This case involves 2 different physician notes, and both will be evaluated. The Documentation Rubric will be used to assess both notes in the same standardized way. As we will see, one of the notes provides an excellent example of good documentation, but the second note is nearly useless.
The Documentation Template was created for clinicians to use while working, in order to create defensible documentation. This is specifically focused on the medical decision-making (MDM) portion of the note, not the history, social/family history, past medical history, exam or ROS. The Documentation Rubric was created for grading MDM sections.
The first physician used both a T-sheet and an additional dictation to describe his assessment and care of this patient. As seen in previous cases, T-sheets allow for rapid documentation that is focused on billing. However, they are also very brief and often times do not not facilitate an effective defense if a physician’s care is questioned. This doctor was wise to create additional documentation to defend himself. His note earned a score of 17/20.
Brief Overview: 2/2
There is an effective brief overview. If anything, it may actually be somewhat excessive. The entire first paragraph of his dictation concerns her presentation to the ED. It is an effective distillation of her presentation to the ED. He also rehashes her vital signs, indicating to the reader that he has reviewed them and taken their significance into account.
Testing: 2/2
The tests that he ordered are reviewed. The labs and imaging he orders are logical and easily understood by an EM physician. He reviews the relevant results on both the labs and the CT. Rather than simply copy/pasting results (a terrible practice that does not indicate comprehension and just wastes space), he indicates his comprehension of the results and synthesis into his care of the patient.
Therapy: 2/3
One area of improvement in this documentation would be to discuss her therapy, and her response to her ED treatment. He initially mentions the medications she received prior to ED arrival and what she had been prescribed as an outpatient. There is little discussion of her response to therapy, although we know from nursing documentation that her pain started at a 9/10, improved to 4/10, then got worse back to a 9/10. An assessment of this change and the improvement in her vitals would have been worthwhile.
Differential: 6/8
While the physician never mentions an explicit differential, various items are mentioned throughout his dictation. He mentions cellulitis, possible abscess, ileus, liver injury, and also discusses the potential for bleeding in her abdomen. One particularly encouraging aspect of his assessment, is that he mentioned findings that were ruled out (liver injury), as well as things that have been ruled in (cellulitis and abscess). A differential can be more than a list of diseases the patient might have, it can also include a few items that have been ruled out, whether that is based on history, exam, or testing.
Discrepancies: None
Aftercare: 4/4
The aftercare discussed in this note is excellent. The physician clearly lays out a plan to treat her with Bactrim and Percocet, which will last her until a follow-up appointment on a specific day. The time frame is well-delineated. He gave her return precautions for general issues (“if symptoms worsen”) as well as specific guidance (“particularly if she gets a fever or has increased pain”). He goes even further, and states that he discussed these things with the patient directly, that she understands them, and is comfortable with the plan. These aftercare instructions are documented extremely well. They allowed the healthcare team another opportunity to save the patient’s life, a chance that was unfortunately squandered.

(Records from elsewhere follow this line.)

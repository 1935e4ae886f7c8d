//! The variables of functions, and what their frames are charged.
#![tactic(auto)]

ghost use Rattle.std.specs.Prelude.{◌≡◌, ◌≤◌, ◌<◌, ◌++◌, IfOk, OnOk, map};
ghost use Rattle.std.specs.Option.{option_to_list};
ghost use Rattle.std.specs.List.{All, filter_map};
ghost use Rattle.c_types.specs.Table.{IsComplete};
ghost use Rattle.src_mem.specs.Memory.{frame_charge};
ghost use Rattle.src_mem.specs.Checks.{source_frame_limit};
ghost use Rattle.src_mem.specs.Runs.{planned};
ghost use Rattle.cil_form.specs.Machine.{plan, variables_of};

use c_types::Types;
use cc_base::NoMemory;
use cil_form::{Function, Parameter, Planned};
use std::alloc::Global;

/// Adds a parameter that has a name.
fn add_named(named: &mut Vec<Planned>, parameter: Parameter) -> Result<(), NoMemory>
    ensures { OnOk result (map plan named.new.items
        ≡ map plan named.old.items ++ option_to_list (planned parameter.ty parameter.home)) }
{
    if let Some(home) = parameter.home {
        named.push(Planned {
            ty: parameter.ty,
            home,
        })?;
    }
    Ok(())
}

/// The parameters that have names, as variables.
fn named(alloc: Global, parameters: &[Parameter]) -> Result<Vec<Planned>, NoMemory>
    ensures { IfOk result (λ named.
        map plan named.items ≡ filter_map (λ p. planned p.ty p.home) parameters.now) }
{
    let mut named = Vec::new(alloc);
    'parameters: for parameter in parameters {
        add_named(&mut named, *parameter)?;
    }
    Ok(named)
}

/// The variables of a function: its parameters that have names, and then its local variables.
pub fn variables(alloc: Global, function: &Function) -> Result<Vec<Planned>, NoMemory>
    ensures { IfOk result (λ all. map plan all.items ≡ variables_of function.now) }
{
    let parameters = &function.parameters;
    let locals = &function.locals;
    let mut all = named(alloc, &parameters.0)?;
    all.extend_from_slice(&locals.0)?;
    Ok(all)
}

/// What a frame with these variables is charged: their bytes, and 16 more for each. Where that is more than all frames
/// together may be charged, it is some number that is more.
pub fn charge_of(types: &Types, variables: &[Planned]) -> u64
    requires { All (λ v. IsComplete types.now v.ty) variables.now }
    ensures exact { frame_charge types.now (map plan variables.now) ≤ source_frame_limit
        → result ≡ frame_charge types.now (map plan variables.now) }
    ensures above { source_frame_limit < frame_charge types.now (map plan variables.now)
        → source_frame_limit < result }
{
    let _count = types.count();
    let mut charge = 0;
    'variables: for variable in variables {
        if charge > 1048576 {
            return charge;
        }
        charge += types.size_of(variable.ty) + 16;
    }
    charge
}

Another item to cover is the documentation of the conversation with the consultant. He states what information was communicated to the consultant, what they discussed, and the recommendations that were made. He even includes the consultant’s rationale for his recommendations.
Overall, the first physician’s note was superb. It provided a clear explanation of his thinking and the care rendered to the patient. It set him up for an effective defense by his legal team. Even though future events resulted in a lawsuit, the doctor can rest easily knowing that he provided good care and documented it in a thorough and careful fashion.
The note from the 2nd doctor was unfortunately a disaster. It is brief and provides little insight into his thinking. It is very confusing to review the record and try to understand why he sent the patient home without any further testing. Even the EMS crew wrote more than him. His note provides no rationale for the bizarre and dangerous decision to discharge her home. This note scored 2.5/20 points.
There is no brief overview aside from a history that consists of a few words (0.5/2 points).
No testing was ordered, and worse, there was no explanation for why he did not order any testing (0/2 points).
Some of the medications he ordered were logical (pain medication, antibiotics, antiemetics), but there was no explanation of her response to these medications (1/3 points).
No differential was recorded, there was no sign he even thought about what could be causing her return to the ED. This is the most problematic issue, it appears he did not even stop to consider that her condition had developed into an emergency or what could be causing her symptoms (0/8 points).
The aftercare does show a plan (to fill her scripts). However, he makes several odd recommendations. She was told to be NPO for 24 hours (odd considering her elevated heart rate), and to have “small pieces toast!” (1/4 points).
Good documentation helps EM physicians provide good medical care. It allows for a moment of reflection on the rationale for the care given each patient. There is almost nothing that the 2nd physician could have documented to defend his care, but writing a more thorough note may have helped him realize the shortcomings of his plan in real time.
The few extra seconds required to write good notes can help provide a moment of reflection to avoid outcomes like this, and will help defend your care if it is ever questioned.